NAHT president Angi Gibson explained why: “This framework not only continues with grading but extends it. It will be impossible for inspectors to judge schools definitively across so many areas during what is simply a two-day snapshot. It risks unfair judgments which mislead parents while also piling workload onto schools.”
Headteachers call the system a threat to “the health and wellbeing of school leaders and teachers.” Professor Julia Walters warns that the new plans “still put school leaders at risk of public shaming.”
Unfair judgments. Two-day snapshots. Public shaming. Harm to wellbeing.
Now ask yourself: isn’t this exactly what we do to children?
Throughout their early life, children receive reports that reduce complex human beings to letters or numbers. We judge their progress based on snapshots – tests, one-off assessments – and wonder why so many young people feel anxious or disconnected from learning.
If grading schools in this way is humiliating and harmful to adults, why do we accept it for children?
But the problem runs deeper. Headteachers are right that you cannot judge a school definitively during a two-day inspection. What is yet to be acknowledged is that the entire assessment model, for schools and for children, is fundamentally incompatible with real transformation.
You cannot transform through judgment. You transform through relationships.
At Class 13, we are embedding practitioners within schools, not for two days, but for years. We build trust with teachers, observe authentic classroom dynamics, and support critical reflection rather than performative excellence. This is how real change happens: through sustained commitment, not snapshots.
Our practitioners spend weeks building trust before formal training begins. We observe teachers’ reality: the daily frustrations, the termly inconsistencies, the ever changing structural pressures and the wins along the way! Being embedded for years rather than days means we can support incremental change rather than cosmetic improvements.
The new Ofsted model and student grading share the same fatal flaw: both optimize for performance over genuine growth.
Real accountability is community-based, not externally imposed.
Ofsted’s report card claims to create accountability through external judgment. But when inspectors parachute in for two days, they’re not accountable to the school community. They don’t live with the consequences of their judgments.
In our pilot schools, we’re building accountability with parents, teachers, and young people using our four equity principles: affirming people’s full humanity; nurturing critical thinking; cultivating community, and fostering democracy. Towards a place where a parent can say “this practice doesn’t affirm my child’s full humanity,” holding the school accountable to its stated values. This is infinitely more powerful than external grades and it models for young people what genuine accountability looks like.
The logic is backwards for schools and for children.
Do you remember the label that stuck with you: “struggling,” “below average,” “needs improvement”? The shame of being called out in front of the class?
Headteachers argue it’s impossible to judge schools definitively during a two-day snapshot. They warn about public shaming and threats to wellbeing. They’re right.
But we claim a 60-minute exam or phonics screening can measure a child’s understanding. We label children as “exceeding,” “meeting,” or “below” expectations, often publicly, in front of their peers, then act surprised when this damages their mental health.

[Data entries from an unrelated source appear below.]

//! The rows of a cell in both directions, beside values computed outside the program.

ghost use Rattle.std.specs.Prelude.{◌≡◌, ◌*◌, length, replicate};
ghost use Rattle.ffv1_plane.specs.Quantisation.{contexts_of};
ghost use Rattle.ffv1_range.specs.Symbols.{AreHeld};
ghost use Rattle.ffv1_line.specs.Cell.{cell_of};

use super::{holds, refused_at_two};
use ffv1_line::{
    CellRows, Coding, RollingRows, RowSink, TooLong, decode_cell, encode_cell, laws as line_laws,
    reset,
};
use ffv1_plane::QuantSet;
use ffv1_range::{RangeDecoder, RangeEncoder, StateTable};
use std::alloc::Global;
use std::process::Abort;
use std::test::Fail;

/// The code of three rows by the sentinel ending, as the model has it.
const CODE: &[u8] = b"\x71\xC6\xE5\x2D\x4A\xAA";

/// The samples of a cell of rows of two.
#[derive(Drop)]
struct Pairs<'a> {
    samples: &'a [u16],
    rows: u32,
    ghost whole: { length samples.now ≡ 2 * rows },
}

impl<'a> CellRows for Pairs<'a> {
    ghost cell = { λ p. cell_of 2 p.samples.now };

    ghost rows = { λ p. p.rows };

    fn height(&self) -> u32 {
        self.rows
    }

    fn load(&self, y: u32, line: &mut [u16]) {
        line_laws::rows_above_roll_down_the_cell();
        let start = y as usize * 2;
        line.copy_from_slice(&self.samples[start..start + 2]);
    }
}

/// The last two rows that came, and how many there were.
#[derive(Clone, Copy)]
struct LastRows {
    first: [u16; 2],
    last: [u16; 2],
    count: u8,
}

impl RowSink for LastRows {
    ghost takes = { λ old row new. new.first ≡ old.last };

    fn row(&mut self, samples: &[u16]) {
        self.first = self.last;
        if samples.len() == 2 {
            self.last = [samples[0], samples[1]];
        }
        self.count = self.count.saturating_add(1);
    }
}

/// Whether three rows have the model's code, of 42 decisions.
fn has_code(
    alloc: Global,
    table: &StateTable,
    set: &QuantSet,
    states: &mut [u8],
) -> Result<bool, Fail>
    requires rows { length states.old ≡ contexts_of set.now * 32 }
    requires fresh { AreHeld table.now (replicate 32 128) }
{
    let coding = Coding {
        table,
        set,
        bits: 8,
    };
    let cell = Pairs {
        samples: &[10, 20, 30, 40, 30, 41],
        rows: 3,
    };
    let mut rows = RollingRows::new(alloc, 2)?;
    let mut encoder = RangeEncoder::new(alloc);
    reset(states);
    encode_cell(&mut encoder, &coding, states, &mut rows, &cell)?;
    let decisions = encoder.decisions();
    let code = encoder.finish_sentinel()?;
    Ok(code.as_slice() == CODE && decisions == 42)
}

/// The last two of so many rows of two that a code has, and how many came; also the answer, and
/// by how many decisions.
fn rows_of(
    alloc: Global,
    table: &StateTable,
    set: &QuantSet,
    states: &mut [u8],
    code: &[u8],
    height: u32,
) -> Result<(Result<(), TooLong>, LastRows, u64), Fail>
    requires rows { length states.old ≡ contexts_of set.now * 32 }
    requires fresh { AreHeld table.now (replicate 32 128) }
{
    let coding = Coding {
        table,
        set,
        bits: 8,
    };
    let mut taken = LastRows {
        first: [0; 2],
        last: [0; 2],
        count: 0,
    };
    let mut rows = RollingRows::new(alloc, 2)?;
    let mut decoder = RangeDecoder::new(code)?;
    reset(states);
    let done = decode_cell(&mut decoder, &coding, states, &mut rows, height, &mut taken);
    Ok((done, taken, decoder.taken()))
}

/// Whether the rows come back from their code.
fn come_back(
    alloc: Global,
    table: &StateTable,
    set: &QuantSet,
    states: &mut [u8],
) -> Result<bool, Fail>
    requires rows { length states.old ≡ contexts_of set.now * 32 }
    requires fresh { AreHeld table.now (replicate 32 128) }
{
    let (done, taken, decisions) = rows_of(alloc, table, set, states, CODE, 3)?;
    let LastRows { first, last, count } = taken;
    Ok((done, decisions, count, first, last) == (Ok(()), 42, 3, [30, 40], [30, 41]))
}

/// Whether the row above a symbol that is too long is handed over, and no more.
fn stops_at_a_refusal(
    alloc: Global,
    table: &StateTable,
    set: &QuantSet,
    states: &mut [u8],
) -> Result<bool, Fail>
    requires rows { length states.old ≡ contexts_of set.now * 32 }
    requires fresh { AreHeld table.now (replicate 32 128) }
{
    let code = refused_at_two(alloc, table)?;
    let (done, taken, decisions) = rows_of(alloc, table, set, states, &code, 2)?;
    Ok((done, decisions, taken.count) == (Err(TooLong { x: 0 }), 34, 1))
}

/// By states of the small set.
fn judge_cells(
    rt: &impl Abort,
    alloc: Global,
    table: &StateTable,
    small: &QuantSet,
    states: &mut [u8],
) -> Result<(), Fail>
    requires rows { length states.old ≡ contexts_of small.now * 32 }
    requires fresh { AreHeld table.now (replicate 32 128) }
{
    holds(rt, has_code(alloc, table, small, states))?;
    holds(rt, come_back(alloc, table, small, states))?;
    holds(rt, stops_at_a_refusal(alloc, table, small, states))
}

#[test]
fn cells_of_the_small_set(rt: HostRuntime) -> Result<(), Fail> {
    let alloc = rt.alloc();
    let small = QuantSet::small(alloc)?;
    let table = StateTable::standard();
    let mut states = vec![in alloc; 128u8; small.contexts() as usize * 32]?;
    judge_cells(&rt, alloc, &table, &small, states.as_mut_slice())
}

Children experience their first statutory assessment at the age of 5.
The public shaming headteachers fear from Ofsted? We do it to young people constantly. Report cards shared with families. Test scores discussed in parent consultations. Achievement data displayed on classroom walls. And unlike headteachers, children can’t strike against the system judging them.
Ofsted’s inspection model serves a political function, not an educational one. It creates competition rather than collaboration. It punishes schools serving marginalised communities. And it keeps teachers too stressed to build collective power. The same is true of grading children: it serves sorting, not growth.
Headteachers are right to resist. But they must go further.
This moment offers an opportunity for headteachers to connect their own experience of harmful assessment to the experiences of young people in their care. To recognise that their fight against Ofsted’s report cards is the same fight children have been waging for generations.
Real transformation means more than defending ourselves from a harmful system while allowing that same system to harm children in similar ways. It means building schools where assessment serves learning, for adults and young people alike. Where relationships matter more than rankings. Where growth is understood as complex, non-linear, and deeply human.
The headteachers considering strike action over Ofsted’s report card understand something crucial: when a system prioritises grading over growth, it harms everyone within it.
Now it’s time to apply that understanding to the children in their care.
We are the system. And we can choose to change it, not just for ourselves, but for the young people whose futures depend on it.